[Saved entries]
---+---
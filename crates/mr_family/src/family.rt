//! A family of keys.
ghost use Rattle.std.specs.Prelude.{◌≡◌, ◌<◌, ◌≤◌, ◌+◌, ◌≢◌, ℕ, List, [], length, unwrap_or, None, Ok, IfOk, IfErr, OnOk, OnErr};
ghost use Rattle.std.specs.Option.{option_map};
ghost use Rattle.std.specs.List.{AllByRecursion};
ghost use Rattle.mr_base.specs.Disk.{Tells, Image, seen};
ghost use Rattle.mr_base.specs.Calls.{Same, Counts, Reads};
ghost use Rattle.mr_iter.specs.Versions.{as_version, place_in, version_cmp};
ghost use Rattle.mr_iter.specs.Cursors.{MayStop};
ghost use Rattle.mr_iter.specs.Newest.{newest};
ghost use Rattle.mr_block.specs.Held.{version_held};
ghost use Rattle.mr_block_cache.specs.Cache.{AgreesWith};
ghost use Rattle.mr_run_file.specs.Reading.{footer_number};
ghost use Rattle.mr_run_open.specs.Runs.{OpenStops};
ghost use Rattle.mr_levels.specs.Levels.{runs, no_runs, HasOffence};
ghost use Rattle.mr_levels.specs.Opened.{IsOpened};
ghost use Rattle.mr_levels.specs.Looks.{looked, Brings, HasKeyOffence, AreSorted, AreGapless};
ghost use Rattle.mr_levels.specs.Spans.{spans_of_levels};
ghost use Rattle.mr_family.specs.Family.{direction as direction_of, files, versions as versions_of, IsWhole, IsTrueTo, reads_of, bytes_of, IsWarmFor};
ghost use Rattle.mr_family.specs.Parts.{cursor_at, IsViewAt};
ghost use Rattle.mr_compact.specs.Merges.{AreBefore};
ghost use Rattle.mr_flush.specs.Flushed.{IsFlush, Flushes, FlushStops};

use crate::memory::{are_in_order, later_in_memory};
use crate::parts::{Part, part_cursors};
use mr_base::{Direction, Disk, Memory, Stop};
use mr_block::Found;
use mr_block_cache::BlockCache;
use mr_compact::SpanList;
use mr_flush::flush;
use mr_iter::{AtSnapshot, Listed, Merge, RunInfo, place_in_first_child};
use mr_levels::Levels;
use mr_memtable::Memtable;
use std::alloc::Global;
use std::marker::Model;

/// A cursor over a family's versions that stand at a number.
pub type FamilyCursor<'a> = AtSnapshot<Merge<Part<'a>>>;

/// The versions in memory, the live runs by level, and the blocks of these that were read last.
#[derive(Drop)]
pub struct Family {
    memtable: Memtable,
    levels: Levels,
    cache: BlockCache,
}

impl Model for Family {
    ghost use Rattle.std.specs.Prelude.{◌≡◌};
    ghost use Rattle.mr_family.specs.Family.{FamilyState};

    ghost Value = { FamilyState };

    ghost view = { λ f. record { memtable = f.memtable; levels = f.levels; cached = f.cache } };

    ghost invariant = { λ f. f.memtable.direction ≡ f.levels.direction };
}

impl Family {
    /// No version, no run, and no room. Takes memory.
    pub fn new(alloc: Global, direction: Direction) -> Result<Family, Memory>
        ensures versions { IfOk result (λ f. f.memtable.versions ≡ []) }
        ensures entries { IfOk result (λ f. f.memtable.entries ≡ 0) }
        ensures bytes { IfOk result (λ f. f.memtable.bytes ≡ 0) }
        ensures levels { IfOk result (λ f. f.levels ≡ no_runs direction) }
        ensures cached { IfOk result (λ f. f.cached ≡ []) }
    {
        let levels = Levels::new(alloc, direction)?;
        let cache = BlockCache::new(alloc)?;
        Ok(Family {
            memtable: Memtable::new(alloc, direction),
            levels,
            cache,
        })
    }

    /// The direction of its keys, which its versions in memory have too.
    pub fn direction(&self) -> Direction
        ensures direction { result ≡ direction_of self.now }
        ensures memtable { self.now.memtable.direction ≡ direction_of self.now }
    {
        self.levels.direction()
    }

    /// Opens a run and adds it to a level: 0 for the newest ones, or 1 to 4. Its structure is judged, none of its blocks is. A run that
    /// overlaps another of a level from 1 on is added too: the family isn't whole then. Takes memory; after an error nothing has changed.
    pub fn open_run<D: Disk>(
        &mut self,
        alloc: Global,
        disk: &mut D,
        level: u8,
        info: &RunInfo,
    ) -> Result<(), Stop>
        requires { level ≤ 4 }
        ensures opened { IfOk result (λ u. IsOpened level info.now (D.disk disk.old) self.old.levels self.new.levels) }
        ensures unchanged { OnErr result (self.new.levels ≡ self.old.levels) }
        ensures memtable { self.new.memtable ≡ self.old.memtable }
        ensures cached { self.new.cached ≡ self.old.cached }
        ensures stops { IfErr result (OpenStops info.now.file info.now.length info.now.entries (D.disk disk.old) (D.disk disk.new)) }
        ensures counts { Counts 2 info.now.length 0 (D.disk disk.old) (D.disk disk.new) }
        ensures asked { Tells (D.disk disk.old) → Reads 2 (40 + footer_number 1 (seen (D.disk disk.old) info.now.file)) (D.disk disk.old) (D.disk disk.new) }
        ensures same { Tells (D.disk disk.old) → Same (D.disk disk.old) (D.disk disk.new) }
    {
        self.levels.open_run(alloc, disk, level, info)
    }

    /// Makes room for so many entries, and so many bytes of keys and values. Takes memory; after an error the room is what it was.
    pub fn reserve(&mut self, entries: usize, bytes: usize) -> Result<(), Memory>
        ensures direction { self.new.memtable.direction ≡ self.old.memtable.direction }
        ensures versions { self.new.memtable.versions ≡ self.old.memtable.versions }
        ensures entries { OnOk result (self.new.memtable.entries ≡ entries) }
        ensures bytes { OnOk result (self.new.memtable.bytes ≡ bytes) }
        ensures same_entries { OnErr result (self.new.memtable.entries ≡ self.old.memtable.entries) }
        ensures same_bytes { OnErr result (self.new.memtable.bytes ≡ self.old.memtable.bytes) }
        ensures levels { self.new.levels ≡ self.old.levels }
        ensures cached { self.new.cached ≡ self.old.cached }
    {
        self.memtable.reserve(entries, bytes)
    }

    /// Adds a version; `put` is None for a deletion. Of the same key and number the later one stands in front. Takes no memory, only room.
    pub fn insert(&mut self, key: &[u8], sequence: u64, put: Option<&[u8]>)
        requires entries { 0 < self.old.memtable.entries }
        requires bytes { length key.now + length (unwrap_or (option_map (λ v. v.now) put) []) ≤ self.old.memtable.bytes }
        ensures versions { (image : Image) → versions_of self.new image ≡ place_in (version_cmp (direction_of self.old)) (as_version key.now sequence (option_map (λ v. v.now) put.entry)) (versions_of self.old image) }
        ensures in_memory { self.new.memtable.versions ≡ place_in (version_cmp (direction_of self.old)) (as_version key.now sequence (option_map (λ v. v.now) put.entry)) self.old.memtable.versions }
        ensures direction { self.new.memtable.direction ≡ self.old.memtable.direction }
        ensures entries { self.new.memtable.entries + 1 ≡ self.old.memtable.entries }
        ensures bytes { self.new.memtable.bytes + (length key.now + length (unwrap_or (option_map (λ v. v.now) put.entry) [])) ≡ self.old.memtable.bytes }
        ensures levels { self.new.levels ≡ self.old.levels }
        ensures cached { self.new.cached ≡ self.old.cached }
    {
        place_in_first_child();
        self.memtable.insert(key, sequence, put);
    }

    /// The newest version of a key that isn't past a number, deletions included, None where there is none. It looks into the memtable,
    /// and of the runs into those alone in which the key can stand by its first and last key: of each level behind the newest runs that
    /// is one at the most. What it read is held for the next look-up. Takes memory.
    pub fn get<D: Disk>(
        &mut self,
        alloc: Global,
        disk: &mut D,
        key: &[u8],
        at: u64,
    ) -> Result<Option<Found>, Stop>
        ensures found { Tells (D.disk disk.old) → IsWhole self.old (seen (D.disk disk.old)) → IsTrueTo (seen (D.disk disk.old)) self.old → IfOk result (λ o. option_map version_held o ≡ newest at key.now (versions_of self.old (seen (D.disk disk.old)))) }
        ensures memtable { self.new.memtable ≡ self.old.memtable }
        ensures levels { self.new.levels ≡ self.old.levels }
        ensures counts { Counts (reads_of key.now self.old) (bytes_of key.now self.old) 0 (D.disk disk.old) (D.disk disk.new) }
        ensures warm { AreSorted (looked key.now self.old.levels) → IsWarmFor key.now self.old → Counts 0 0 0 (D.disk disk.old) (D.disk disk.new) }
        ensures same { Tells (D.disk disk.old) → Same (D.disk disk.old) (D.disk disk.new) }
        ensures brings { OnOk result (Brings key.now (looked key.now self.old.levels) self.old.cached self.new.cached) }
        ensures stays_true { Tells (D.disk disk.old) → AreGapless (runs self.old.levels) → IsTrueTo (seen (D.disk disk.old)) self.old → IsTrueTo (seen (D.disk disk.old)) self.new }
        ensures others { (file : ℕ) (bytes : List ℕ) → AllByRecursion (λ live. file ≢ live) (files self.old) → AgreesWith file bytes self.old.cached → AgreesWith file bytes self.new.cached }
        ensures stops { IfErr result (MayStop (HasKeyOffence key.now (looked key.now self.old.levels)) (D.disk disk.old) (D.disk disk.new)) }
    {
        // Two calls that read nothing tell what the parts know of themselves: their order, and that at most 1,024 blocks are held.
        are_in_order(&self.memtable, &self.levels);
        let _held = self.cache.len();
        let found = match self.levels.find(alloc, disk, &mut self.cache, key, at) {
            Ok(found) => found,
            Err(stop) => return Err(stop),
        };
        later_in_memory(alloc, &self.memtable, key, at, found)
    }

    /// A cursor over the versions that stand at a number, at the end until its first seek. It reads past the blocks that are held. Takes
    /// memory.
    pub fn cursor<'a>(&'a self, alloc: Global, at: u64) -> Result<FamilyCursor<'a>, Memory>
        ensures state { IfOk result (λ c. ⟦<FamilyCursor<'a> as Listed>⟧.cursor c ≡ cursor_at at self.now) }
        ensures view { IfOk result (λ c. IsViewAt at self.now (⟦<FamilyCursor<'a> as Listed>⟧.cursor c)) }
        ensures whole { (image : Image) → IsWhole self.now image → IfOk result (λ c. ⟦<FamilyCursor<'a> as Listed>⟧.whole c image) }
        ensures offends { (image : Image) (file place : ℕ) → IfOk result (λ c. ⟦<FamilyCursor<'a> as Listed>⟧.offends c image file place → HasOffence self.now.levels image file place) }
    {
        let direction = self.levels.direction();
        let parts = part_cursors(alloc, &self.memtable, &self.levels)?;
        let merge = Merge::new(parts, direction)?;
        Ok(AtSnapshot::new(alloc, merge, at))
    }

    /// Writes all versions in memory as one run into a file, opens it and adds it to the newest runs; then none is left in memory, nor
    /// room for any. Where there are none it answers None, and neither memory nor the disk is touched. The file's number is to be above
    /// those of all runs. What is held of the runs stays. Takes memory; after an error the family is as before, and the file may have
    /// any bytes.
    pub fn flush_unit<D: Disk>(
        &mut self,
        alloc: Global,
        disk: &mut D,
        file: u64,
    ) -> Result<Option<RunInfo>, Stop>
        ensures flush { IfOk result (IsFlush file (D.disk disk.old) (D.disk disk.new) self.old.memtable self.new.memtable self.old.levels self.new.levels) }
        ensures empty { self.old.memtable.versions ≡ [] → result ≡ Ok None }
        ensures untouched { self.old.memtable.versions ≡ [] → D.disk disk.new ≡ D.disk disk.old }
        ensures same { self.old.memtable.versions ≡ [] → self.new ≡ self.old }
        ensures unchanged { OnErr result (self.new ≡ self.old) }
        ensures cached { self.new.cached ≡ self.old.cached }
        ensures flushes { Flushes file (D.disk disk.old) (D.disk disk.new) }
        ensures stops { IfErr result (FlushStops file (D.disk disk.old) (D.disk disk.new)) }
        ensures versions { Tells (D.disk disk.old) → AreBefore file (files self.old) → versions_of self.new (seen (D.disk disk.new)) ≡ versions_of self.old (seen (D.disk disk.old)) }
        ensures whole { Tells (D.disk disk.old) → AreBefore file (files self.old) → IsWhole self.old (seen (D.disk disk.old)) → IsWhole self.new (seen (D.disk disk.new)) }
        ensures held { Tells (D.disk disk.old) → AreBefore file (files self.old) → ((bytes : List ℕ) → AgreesWith file bytes self.old.cached) → IsTrueTo (seen (D.disk disk.old)) self.old → IsTrueTo (seen (D.disk disk.new)) self.new }
    {
        flush(alloc, disk, &mut self.memtable, &mut self.levels, file)
    }

    /// The live runs with their levels, files and first and last keys: the newest ones first, then level by level. Takes memory.
    pub fn spans(&self, alloc: Global) -> Result<SpanList, Memory>
        ensures { IfOk result (λ s. s ≡ spans_of_levels self.now.levels) }
    {
        self.levels.spans(alloc)
    }
}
---+---
→ PROMPT
Word for word, restate the lines above from the line containing "(λ f. f.cached" through the line containing "result ≡ direction_of", with both included and nothing else.

→ EXERCISE RESPONSE
        ensures cached { IfOk result (λ f. f.cached ≡ []) }
    {
        let levels = Levels::new(alloc, direction)?;
        let cache = BlockCache::new(alloc)?;
        Ok(Family {
            memtable: Memtable::new(alloc, direction),
            levels,
            cache,
        })
    }

    /// The direction of its keys, which its versions in memory have too.
    pub fn direction(&self) -> Direction
        ensures direction { result ≡ direction_of self.now }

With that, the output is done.